Todo está cambiando en el mundo electrónico para teñirse de verde. En la estrategia de los fabricantes a la hora de diseñar sus PC, impresoras, procesadores… se valoran los materiales y se apuesta por lo menos agresivo desde el punto de vista ecológico. Entre los objetivos principales, el consumo responsable de energía con las mismas propiedades o funcionalidades.

IBM
Fotografía: cortesía de IBM.

Fabricar productos electrónicos verdes se está convirtiendo en una obligación en todo el mundo. Además de que hoy son más vendibles los productos que presumen de ser ecológicos, no hace falta enumerar los graves problemas ambientales que ocasionan no solo muchas formas de producción, sino los artículos en sí mismos durante su uso y los residuos que generan una vez que han dejado de funcionar.

Las administraciones se han puesto serias al respecto con la aprobación de leyes tanto en la Unión Europea (UE), como en Estados Unidos y Asia, que exigen a los fabricantes que respeten el medio ambiente. Desde el 1 de julio de 2006 una directiva de la UE sobre restricciones en el uso de sustancias peligrosas en aparatos electrónicos (RoHS), prohíbe la venta de nuevos aparatos electrónicos cuyos componentes superen los niveles estipulados por la Normativa de Sustancias Peligrosas para el Medio Ambiente, tanto de metales pesados (plomo, cadmio y mercurio), como de anticorrosivos (cromo hexavalente) y retardantes (bifenilo polibromado, o PBB, y éter de difenilo polibromado, o PBDE).
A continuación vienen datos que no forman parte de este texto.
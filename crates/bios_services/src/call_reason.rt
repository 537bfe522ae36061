//! Why a call of the video BIOS is refused, with the numbers that decide it.
ghost use Rattle.std.specs.Prelude.{◌≡◌};
ghost use Rattle.bios_services.specs.CallReasons.{refusal_of};

use vga_bits::Refusal;

/// Why a call of the video BIOS is refused. Each number is the call's, the mode's or the BIOS
/// data's.
#[derive(Clone, Copy, PartialEq, Eq, Debug)]
pub enum CallReason {
    /// No mode is set, and every function but 00 needs one.
    NoModeSet {
        /// The function, which AH names.
        function: u8,
    },
    /// There is no such function, or it has no such subfunction.
    NoService {
        /// The function, which AH names.
        function: u8,
        /// AL, by which some functions choose a subfunction.
        al: u8,
        /// BL, by which functions 11 and 12 do.
        bl: u8,
    },
    /// There is no such mode.
    NoSuchMode {
        /// The mode: the low seven bits of AL.
        mode: u8,
    },
    /// The mode is text, which has no pixels.
    NoPixels {
        /// The mode that is set.
        mode: u8,
    },
    /// The mode is graphics, which shows no glyphs from a character map.
    NoCharacterMap {
        /// The mode that is set.
        mode: u8,
    },
    /// The mode has no such page.
    NoPage {
        /// The page that the call names.
        page: u8,
        /// How many pages the mode has.
        pages: u8,
    },
    /// The cursor of the page stands past its last cell.
    CursorOutside {
        /// The page that the call names.
        page: u8,
        /// The number of the cell at its cursor, counted row by row from 0.
        cell: u32,
        /// How many cells a page has.
        cells: u32,
    },
    /// The page has no cell where characters are to be typed.
    PositionOutside {
        /// The row of the cursor position.
        row: u8,
        /// Its column.
        column: u8,
        /// How many rows a page has.
        rows: u16,
        /// How many columns.
        columns: u16,
    },
    /// The page has no such pixel.
    PixelOutside {
        /// The pixel's column.
        x: u16,
        /// Its line.
        y: u16,
        /// How many columns of pixels a page has.
        width: u32,
        /// How many lines of them.
        height: u32,
    },
    /// The cells pass the last one of the page.
    CellsPast {
        /// How many cells are to be written.
        count: u16,
        /// The number of the first, counted row by row from 0.
        first: u32,
        /// How many cells a page has.
        cells: u32,
    },
    /// The glyphs pass that of the last character, FF.
    GlyphsPast {
        /// How many glyphs are to be loaded.
        count: u16,
        /// The character of the first.
        first: u16,
    },
    /// There is no such palette register.
    NoPaletteRegister {
        /// The register's number.
        register: u8,
    },
    /// A value that neither clears blinking nor sets it.
    NoBlinking {
        /// The value, which BL holds.
        value: u8,
    },
    /// The DAC has no such entry.
    NoEntry {
        /// The entry's number.
        entry: u16,
    },
    /// The DAC has not so many entries from the first on.
    NoEntries {
        /// How many entries the call names.
        count: u16,
        /// The first one's number.
        first: u16,
    },
    /// The block has another length than the one that the service reads.
    WrongBlock {
        /// How many bytes the block has.
        len: usize,
        /// How many the service reads.
        wanted: usize,
    },
    /// The mode has no characters of this height.
    NoHeight {
        /// How many scan lines a glyph has.
        height: u8,
        /// The mode that is set.
        mode: u8,
    },
}

impl CallReason {
    /// The refusal that it explains.
    pub fn refusal(self) -> Refusal
        ensures { result ≡ refusal_of self }
    {
        match self {
            CallReason::NoModeSet { .. } => Refusal::NoMode,
            CallReason::NoService { .. } => Refusal::BadFunction,
            CallReason::NoSuchMode { .. } => Refusal::BadMode,
            CallReason::NoPixels { .. } => Refusal::WrongKind,
            CallReason::NoCharacterMap { .. } => Refusal::WrongKind,
            CallReason::NoPage { .. } => Refusal::BadPage,
            CallReason::CursorOutside { .. } => Refusal::Outside,
            CallReason::PositionOutside { .. } => Refusal::Outside,
            CallReason::PixelOutside { .. } => Refusal::Outside,
            CallReason::CellsPast { .. } => Refusal::CountPast,
            CallReason::GlyphsPast { .. } => Refusal::CountPast,
            CallReason::NoPaletteRegister { .. } => Refusal::BadRegister,
            CallReason::NoBlinking { .. } => Refusal::BadRegister,
            CallReason::NoEntry { .. } => Refusal::BadRegister,
            CallReason::NoEntries { .. } => Refusal::BadRegister,
            CallReason::WrongBlock { .. } => Refusal::BadBlock,
            CallReason::NoHeight { .. } => Refusal::BadHeight,
        }
    }
}
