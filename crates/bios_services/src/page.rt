//! A page that characters are written to.
ghost use Rattle.std.specs.Prelude.{◌≡◌};
ghost use Rattle.bios_services.specs.Page.{page_of};

use bios_modes::{Bda, Fonts};
use std::marker::Model;

/// A page of a mode, with the fonts of its characters.
///
/// Contracts see one record: the fonts, the BIOS data and the page's number.
#[derive(Drop)]
pub(crate) struct Page<'a> {
    fonts: &'a Fonts,
    bda: &'a Bda,
    number: u8,
}

impl<'a> Model for Page<'a> {
    ghost use Rattle.bios_services.specs.Page.{PageWithFontsAndData};

    ghost Value = { PageWithFontsAndData };

    ghost view = { λ p. record {
      fonts = p.fonts.now;
      bda = p.bda.now;
      number = p.number;
    } };
}

impl<'a> Page<'a> {
    /// The page of this number, in the mode of the BIOS data.
    pub(crate) fn new(fonts: &'a Fonts, bda: &'a Bda, number: u8) -> Page<'a>
        ensures { result ≡ page_of fonts.now bda.now number }
    {
        Page { fonts, bda, number }
    }

    /// The fonts of its characters.
    pub(crate) fn fonts(&self) -> &Fonts
        ensures { result.now ≡ self.now.fonts }
    {
        self.fonts
    }

    /// The data of its mode.
    pub(crate) fn bda(&self) -> &Bda
        ensures { result.now ≡ self.now.bda }
    {
        self.bda
    }

    /// The page's number, from 0.
    pub(crate) fn number(&self) -> u8
        ensures { result ≡ self.now.number }
    {
        self.number
    }
}
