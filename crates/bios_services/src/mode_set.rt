//! Setting a mode: every register, the palette, the font of a text mode, and the memory.
ghost use Rattle.std.specs.Prelude.{◌≡◌, ◌<◌, ◌≤◌, ◌+◌, ◌*◌, ◌^◌};
ghost use Rattle.bios_services.specs.Bounds.{ports_bound};
ghost use Rattle.bios_services.specs.Plan.{run};
ghost use Rattle.bios_services.specs.ModeSet.{write_registers_plan, write_dac_entry_plan};
ghost use Rattle.bios_services.specs.ModeSet.{mask_and_palette_plan};
ghost use Rattle.bios_services.specs.ModeSet.{write_blanks_plan, clear_graphics_memory_plan};
ghost use Rattle.bios_services.specs.ModeSet.{write_text_memory_plan, write_mode_memory_plan, mode_set_plan};

use crate::cells::GRAPHICS_BASE;
use crate::cycles::{
    out, put_in_turn, reset_attribute_flip_flop, show_palette, write_attribute_registers,
    write_indexed, write_registers_from_0,
};
use crate::glyph_load::GlyphLoad;
use crate::video_registers::{
    ALL_BITS, DAC_DATA, DAC_MASK, DAC_WRITE_INDEX, GRAPHICS, MISCELLANEOUS, MISCELLANEOUS_OUTPUT,
    SEQUENCER, VERTICAL_RETRACE_END,
};
use bios_modes::{Fonts, Kind, ModeRow, Palette};
use vga_card::Bus;

/// How many bytes of memory a text mode clears.
const TEXT_LEN: u32 = 0x8000;

/// How many bytes of memory a graphics mode clears.
const GRAPHICS_LEN: u32 = 0x10000;

/// Writes all registers.
#[tactic(auto, using(crate::proofs::PlanRuns::run_bind), unfolding(crate::specs::ModeSet::write_registers_plan))]
fn write_registers<B: Bus>(bus: &mut B, row: &ModeRow)
    requires { row.now.crtc_address < ports_bound }
    ensures { bus.new ≡ (run B.meaning (write_registers_plan row.now) bus.old).0 }
{
    out(bus, MISCELLANEOUS_OUTPUT, row.misc);
    write_registers_from_0(bus, SEQUENCER, &row.sequencer);
    let unprotected = row.crtc[VERTICAL_RETRACE_END as usize] & 0x7F;
    write_indexed(bus, row.crtc_address, VERTICAL_RETRACE_END, unprotected);
    write_registers_from_0(bus, row.crtc_address, &row.crtc);
    write_registers_from_0(bus, GRAPHICS, &row.graphics);
    reset_attribute_flip_flop(bus, row.crtc_address);
    write_attribute_registers(bus, &row.attribute);
    show_palette(bus, row.crtc_address);
}

/// Writes red, green and blue of the DAC's next entry.
#[tactic(auto, using(crate::proofs::PlanRuns::run_bind), unfolding(crate::specs::ModeSet::write_dac_entry_plan))]
fn write_colour<B: Bus>(bus: &mut B, colour: [u8; 3])
    ensures { bus.new ≡ (run B.meaning (write_dac_entry_plan colour) bus.old).0 }
{
    out(bus, DAC_DATA, colour[0]);
    out(bus, DAC_DATA, colour[1]);
    out(bus, DAC_DATA, colour[2]);
}

/// Writes the DAC's mask, and the first n entries of a palette.
#[tactic(auto, using(crate::proofs::PlanRuns::run_bind), unfolding(crate::specs::ModeSet::mask_and_palette_plan))]
fn write_mask_and_palette<B: Bus>(bus: &mut B, palette: Palette, n: u16)
    requires { n ≤ 256 }
    ensures { bus.new ≡ (run B.meaning (mask_and_palette_plan palette n) bus.old).0 }
{
    out(bus, DAC_MASK, ALL_BITS);
    out(bus, DAC_WRITE_INDEX, 0x00);
    for i in 0..n {
        write_colour(bus, palette.entry(i as u8));
    }
}

/// The character of a blank cell.
const BLANK: u8 = 0x20;

/// The attribute of a blank cell.
const ATTRIBUTE_OF_BLANK: u8 = 0x07;

/// Writes n bytes of blank cells from an address on.
#[tactic(auto, using(crate::proofs::PlanRuns::run_bind), unfolding(crate::specs::ModeSet::write_blanks_plan))]
fn write_blanks<B: Bus>(bus: &mut B, base: u32, n: u32)
    requires { base + n < 2 ^ 32 }
    ensures { bus.new ≡ (run B.meaning (write_blanks_plan base n) bus.old).0 }
{
    put_in_turn(bus, base, n, BLANK, ATTRIBUTE_OF_BLANK);
}

/// Writes n bytes of 0 to the memory of a graphics mode.
#[tactic(auto, using(crate::proofs::PlanRuns::puts_same), unfolding(crate::specs::ModeSet::clear_graphics_memory_plan))]
fn clear<B: Bus>(bus: &mut B, n: u32)
    requires { n ≤ 65536 }
    ensures { bus.new ≡ (run B.meaning (clear_graphics_memory_plan n) bus.old).0 }
{
    put_in_turn(bus, GRAPHICS_BASE, n, 0, 0);
}

/// Writes what a text mode needs besides registers and palette: the font, and blank cells.
#[tactic(auto, using(crate::proofs::PlanRuns::run_bind), unfolding(crate::specs::ModeSet::write_text_memory_plan))]
fn write_text<B: Bus>(bus: &mut B, row: &ModeRow, keeps: bool, fonts: &Fonts)
    requires { row.now.base < 2 ^ 20 }
    ensures { bus.new ≡ (run B.meaning (write_text_memory_plan row.now keeps fonts.now.f16) bus.old).0 }
{
    GlyphLoad::write_font_of_16(bus, fonts, row.graphics[MISCELLANEOUS as usize]);
    if !keeps {
        write_blanks(bus, row.base, TEXT_LEN);
    }
}

/// Writes what a mode needs besides registers and palette.
#[tactic(auto, using(crate::proofs::PlanRuns::run_bind), unfolding(crate::specs::ModeSet::write_mode_memory_plan))]
fn write_mode_memory<B: Bus>(bus: &mut B, row: &ModeRow, keeps: bool, fonts: &Fonts)
    requires { row.now.base < 2 ^ 20 }
    ensures { bus.new ≡ (run B.meaning (write_mode_memory_plan row.now keeps fonts.now.f16) bus.old).0 }
{
    if row.kind == Kind::Text {
        write_text(bus, row, keeps, fonts);
    } else if !keeps {
        clear(bus, GRAPHICS_LEN);
    }
}

/// Sets a mode, and clears its memory unless it is kept.
#[tactic(auto, using(crate::proofs::PlanRuns::run_bind), unfolding(crate::specs::ModeSet::mode_set_plan))]
pub(crate) fn set_mode<B: Bus>(bus: &mut B, row: &ModeRow, keeps: bool, fonts: &Fonts)
    requires port { row.now.crtc_address < ports_bound }
    requires base { row.now.base < 2 ^ 20 }
    ensures { bus.new ≡ (run B.meaning (mode_set_plan row.now keeps fonts.now) bus.old).0 }
{
    write_registers(bus, row);
    write_mask_and_palette(bus, row.palette, 256);
    write_mode_memory(bus, row, keeps, fonts);
}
La ley exige a las empresas fabricantes la búsqueda de nuevos materiales y el desarrollo de otros procesos de ingeniería para el diseño de equipos electrónicos comunes. El objetivo es evitar que tales sustancias peligrosas acaben depositadas en los vertederos o contribuyendo a diferentes procesos contaminantes.

Decreto español
La directiva de la Unión Europea complementa a la de la WEEE (en español es conocida como RAEE o Reciclaje de Aparatos Eléctricos y Electrónicos), también elaborada por la Unión Europea, y que entró en vigor en 2005. En España, ambas están recogidas en un Real Decreto de 2005, de aplicación a la totalidad del sector, sobre aparatos eléctricos y electrónicos (AEE) y la gestión de sus residuos. Este decreto establece que los productores e importadores de tales equipos tienen la obligación de financiar su correcta gestión medioambiental cuando los hayan puesto en el mercado a partir del 13 de agosto de ese año y una vez se conviertan en residuos.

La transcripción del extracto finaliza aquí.